As an aside, my mother has very recently gave me the letters I sent them while a student in Yonsei University in Seoul in 1991 and it happens that I had written about what I had experimented then while sick (everybody was sick anyway because of the unbelievable pollution we experimented then). I went to an luxury hotel, told them briefly about my problem and was given a very costly plastic bags filled with colored pills which I had never tried since I couldn't know what molecule they contained.
It is good you could diagnose yourself with a leaky gut syndrome and have found the solution.
Respectfully
The inherent problem with doctors worldwide is that they are selected for ability to memorize a large amount of data and not for curiosity or creative problem solving.
Unless your problem is exactly something they are used to treating and within their specialty all I can say is good luck. Add in Mark Twain's observation that for a man with a hammer, all problems resemble a nail.
I have found the hard way to do a lot of research myself then find a doctor with some interest in what I have to say. Unfortunately I find that it doesn't take much research to go beyond the interest and knowledge levels of most doctors.
Indeed. The assembly line (one size fits all) mentality when it comes to treating patients seems to be standard practice in many countries. What was your experience with the medical profession in China, and how did it differ from what you experienced elsewhere?
Fortunately I didn't have to use the medical, except for dental, but I did hear stories consistently of medical misadventures from Chinese and expats that made me glad I missed that opportunity.

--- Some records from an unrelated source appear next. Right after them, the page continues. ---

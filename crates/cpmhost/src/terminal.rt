//! Keys that are typed at a terminal which gives each as it comes, and which says at once where none came: as after `stty -icanon min 0 time 0`.

ghost use Rattle.std.specs.Prelude.{◌≡◌, ◌<◌, IfSome, None, false};

use crate::held::LockableFiles;
use crate::patient::StandardInput;
use crate::tempo::{Tempo, TurnLength, micros, sleep};
use cpm_host::{Heard, KeyNeed, TypingEnd, Typist};
use std::alloc::Global;
use std::cell::Cell;
use std::collections::VecDeque;
use std::io::{ErrorKind, Write};
use std::{fs, io};

/// ^], which ends typing.
const END_KEY: u8 = 0x1D;

/// ^^, before which each of the two is a key.
const PREFIX_KEY: u8 = 0x1E;

/// How many bytes are read at once.
const MOST_READ: usize = 128;

/// How often it is read in a turn at most: as many bytes as a terminal keeps.
const MOST_READS: usize = 32;

/// After how many microseconds a terminal is asked again for a key that a machine wants.
const KEY_PAUSE: u64 = 8_000;

/// How often it is looked whether typing has ended otherwise than by a key, in microseconds.
const LOOK_PAUSE: u64 = 10_000;

/// How many microseconds ^] waits for a machine to take the next of the keys before it.
const MOST_WAIT: u64 = 40_000;

/// What was typed, and is not given yet.
#[derive(Drop)]
struct TypedKeys {
    /// As many as come, so that an end behind them is heard.
    keys: VecDeque<u8>,
    /// Whether ^^ came last, which is no key yet.
    is_prefixed: bool,
    /// Why no more is typed.
    end: Option<TypingEnd>,
    /// When the last key was given, or that end came behind keys that were not.
    since: u64,
}

impl TypedKeys {
    fn new(alloc: Global) -> TypedKeys {
        TypedKeys {
            keys: VecDeque::new(alloc),
            is_prefixed: false,
            end: None,
            since: 0,
        }
    }

    /// Whether bytes are read, as many as are read at once: behind an end none are, and none where memory is refused, so that they stay with the terminal.
    fn makes_room(&mut self) -> bool {
        // (one more for a ^^ that came before)
        self.end.is_none() && self.keys.reserve(MOST_READ + 1).is_ok()
    }

    /// Reads what came. What is left behind the most that are read in a turn stays with the terminal until the next.
    fn read(&mut self, input: &impl StandardInput, now: u64) {
        for _turn in 0..MOST_READS {
            if !self.makes_room() || !self.read_some(input, now) {
                return;
            }
        }
    }

    /// Reads some bytes, for which there is room, and says whether there may be more.
    fn read_some(&mut self, input: &impl StandardInput, now: u64) -> bool {
        let mut bytes = [0u8; MOST_READ];
        match input.read_input(&mut bytes) {
            Ok(count) => {
                self.take_first(&bytes, count, now);
                count == MOST_READ
            }
            Err(error) if is_nothing(error.kind()) => false,
            Err(_) => {
                self.take_end(TypingEnd::InputEnd, now);
                false
            }
        }
    }

    /// Keeps a key. (There is room: it was made before the bytes were read.)
    fn keep(&mut self, key: u8) {
        let _ = self.keys.push_back(key);
    }

    /// Takes that no more is typed. A ^^ behind which nothing came is a key.
    fn take_end(&mut self, why: TypingEnd, now: u64) {
        if self.end.is_some() {
            return;
        }
        if self.is_prefixed {
            self.is_prefixed = false;
            self.keep(PREFIX_KEY);
        }
        self.end = Some(why);
        if !self.keys.is_empty() {
            self.since = now;
        }
    }

    /// Takes a byte that came. One of 80h or more is no key, and what comes behind ^] isn't any more.
    fn take(&mut self, byte: u8, now: u64) {
        if self.end.is_some() || !byte.is_ascii() {
            return;
        }
        if self.is_prefixed {
            self.take_prefixed(byte);
        } else if byte == END_KEY {
            self.take_end(TypingEnd::Quit, now);
        } else if byte == PREFIX_KEY {
            self.is_prefixed = true;
        } else {
            self.keep(byte);
        }
    }

    /// Takes the first bytes that came, so many.
    fn take_first(&mut self, bytes: &[u8], count: usize, now: u64) {
        for &byte in bytes.iter().take(count) {
            self.take(byte, now);
        }
    }

    /// Takes the key behind ^^. Before any but the two ^^ is a key itself.
    fn take_prefixed(&mut self, byte: u8) {
        self.is_prefixed = false;
        if byte != END_KEY && byte != PREFIX_KEY {
            self.keep(PREFIX_KEY);
        }
        self.keep(byte);
    }

    /// Why no more is given: at the end, once a machine wants another key than those before it, or has taken none of them for a while.
    fn ended(&self, is_wanted: bool, now: u64) -> Option<TypingEnd> {
        let is_last = is_wanted && self.keys.is_empty();
        if is_last || now.saturating_sub(self.since) >= MOST_WAIT {
            self.end
        } else {
            None
        }
    }

    /// The next key.
    fn next(&mut self, now: u64) -> Option<u8>
        ensures { IfSome result (λ byte. byte < 128) }
    {
        let byte = self.keys.pop_front()?;
        self.since = now;
        if byte.is_ascii() { Some(byte) } else { None }
    }
}

/// Who types at a terminal. A file whose coming ends it is looked for now and then.
#[derive(Drop)]
pub struct TerminalTypist<'a, R: LockableFiles + StandardInput> {
    rt: &'a R,
    typed: TypedKeys,
    tempo: Tempo,
    turns: TurnLength,
    end: &'a str,
    /// Why the program's text can't be written any more.
    lost: &'a Cell<Option<io::Error>>,
    /// When that was looked for last, if it was.
    looked: Option<u64>,
    /// Whether it has come.
    is_ended: bool,
    /// Whether a script that goes before what is typed is played no further, since typing has ended.
    has_broken_in: bool,
}

impl<'a, R: LockableFiles + StandardInput> TerminalTypist<'a, R> {
    /// One who types at standard input until a file of a name comes, or the program's text can't be written any more.
    pub fn new(
        rt: &'a R,
        end: &'a str,
        lost: &'a Cell<Option<io::Error>>,
        pace: Option<u64>,
    ) -> TerminalTypist<'a, R> {
        TerminalTypist {
            rt,
            typed: TypedKeys::new(rt.alloc()),
            tempo: Tempo::new(pace),
            turns: TurnLength::new(),
            end,
            lost,
            looked: None,
            is_ended: false,
            has_broken_in: false,
        }
    }

    /// Does what comes before a key is given to a machine that has executed so many steps: keeps the pace, and takes what came. It says what the time is.
    fn prepare(&mut self, is_wanted: bool, count: u64) -> u64
        ensures { self.new.has_broken_in ≡ self.old.has_broken_in }
    {
        let mut now = micros(self.rt);
        self.turns.see(now, count);
        if !is_wanted {
            now = self.tempo.keep(self.rt, now, count);
        }
        self.turns.begin(now);
        self.look(now);
        self.typed.read(self.rt, now);
        now
    }

    /// Looks whether typing has ended otherwise than by a key.
    fn look(&mut self, now: u64)
        ensures { self.new.has_broken_in ≡ self.old.has_broken_in }
    {
        self.is_ended = self.is_ended || self.lost.get().is_some();
        if let Some(looked) = self.looked
            && now.saturating_sub(looked) < LOOK_PAUSE
        {
            return;
        }
        self.looked = Some(now);
        if let Ok(true) = fs::exists(self.rt, self.end) {
            self.is_ended = true;
        }
        // (one that hangs up says again and again that nothing came)
        if !self.rt.is_input_terminal() {
            self.typed.take_end(TypingEnd::InputEnd, now);
        }
    }

    /// The next key. Where one is wanted, and none came, it is waited a little.
    fn next(&mut self, is_wanted: bool, now: u64) -> Option<u8>
        ensures ascii { IfSome result (λ byte. byte < 128) }
        ensures still { self.new.has_broken_in ≡ self.old.has_broken_in }
    {
        let key = self.typed.next(now);
        if key.is_some() || !is_wanted {
            return key;
        }
        let then = sleep(self.rt, KEY_PAUSE);
        self.tempo.leave_out(then.saturating_sub(now));
        self.turns.begin(then);
        self.typed.read(self.rt, then);
        self.typed.next(then)
    }
}

/// Whether a read that failed says that nothing came.
fn is_nothing(kind: ErrorKind) -> bool {
    match kind {
        ErrorKind::Interrupted | ErrorKind::WouldBlock => true,
        _ => false,
    }
}

impl<R: LockableFiles + StandardInput> Typist for TerminalTypist<'_, R> {
    // What is typed isn't known.
    ghost typing = { λ typist. record { is_patient = false; unread = None; heard = None; has_broken_in = typist.has_broken_in } };

    fn is_patient(&self) -> bool {
        false
    }

    fn most_steps(&self) -> u64 {
        self.tempo.most_steps().min(self.turns.most_steps())
    }

    // (keys that come meanwhile are kept, so that they come when the script has ended)
    fn look_in(&mut self, count: u64) {
        self.prepare(false, count);
        self.has_broken_in = self.has_broken_in || self.is_ended || self.typed.end.is_some();
    }

    fn has_broken_in(&self) -> bool {
        self.has_broken_in
    }

    fn hear(&mut self, need: KeyNeed, count: u64) -> io::Result<Heard> {
        let now = self.prepare(need.wants_key(), count);
        if self.is_ended {
            return Ok(Heard::End(TypingEnd::Signal));
        }
        if let Some(why) = self.typed.ended(need.wants_key(), now) {
            return Ok(Heard::End(why));
        }
        match need {
            KeyNeed::Pending => Ok(Heard::Nothing),
            KeyNeed::Possible | KeyNeed::Wanted => match self.next(need.wants_key(), now) {
                Some(byte) => Ok(Heard::Key(byte)),
                None => Ok(Heard::Nothing),
            },
        }
    }
}

/// A writer of a program's text. Where one types and it can't be written, it is dropped from there on, and noted why: so typing ends, and what is to be kept of
/// it can be written.
#[derive(Drop)]
pub struct TypingOutput<'a, W: Write + Drop> {
    writer: W,
    lost: Option<&'a Cell<Option<io::Error>>>,
}

impl<'a, W: Write + Drop> TypingOutput<'a, W> {
    pub fn new(writer: W, lost: Option<&'a Cell<Option<io::Error>>>) -> TypingOutput<'a, W> {
        TypingOutput { writer, lost }
    }
}

impl<W: Write + Drop> Write for TypingOutput<'_, W> {
    fn write(&mut self, buf: &[u8]) -> io::Result<usize> {
        let Some(lost) = self.lost else {
            return self.writer.write(buf);
        };
        if lost.get().is_some() {
            return Ok(buf.len());
        }
        match self.writer.write(buf) {
            Err(error) if error.kind() != ErrorKind::Interrupted => {
                lost.set(Some(error));
                Ok(buf.len())
            }
            answer => answer,
        }
    }

    fn flush(&mut self) -> io::Result<()> {
        Ok(())
    }
}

The general impression was that there were a few themes cutting through all the stories:
Like everything else in China, the number of doctors grew at a staggering rate with the spread of Western medicine. Seemed to be quantity over quality.
Chinese are a very proud culture and don't have much doubt that their way is right. There is a lot of arrogance with doctors everywhere but like with most things, China put it on steroids. For example, Chinese doctors were convinced that cold drinks are bad and all foreigners drink only cold liquids. So every foreigner I met who went to a doctor with stomach problems was told it was because of drinking cold liquids. If they told the doc they didn't, the doctor would correct them with "foreigners drink cold liquids!"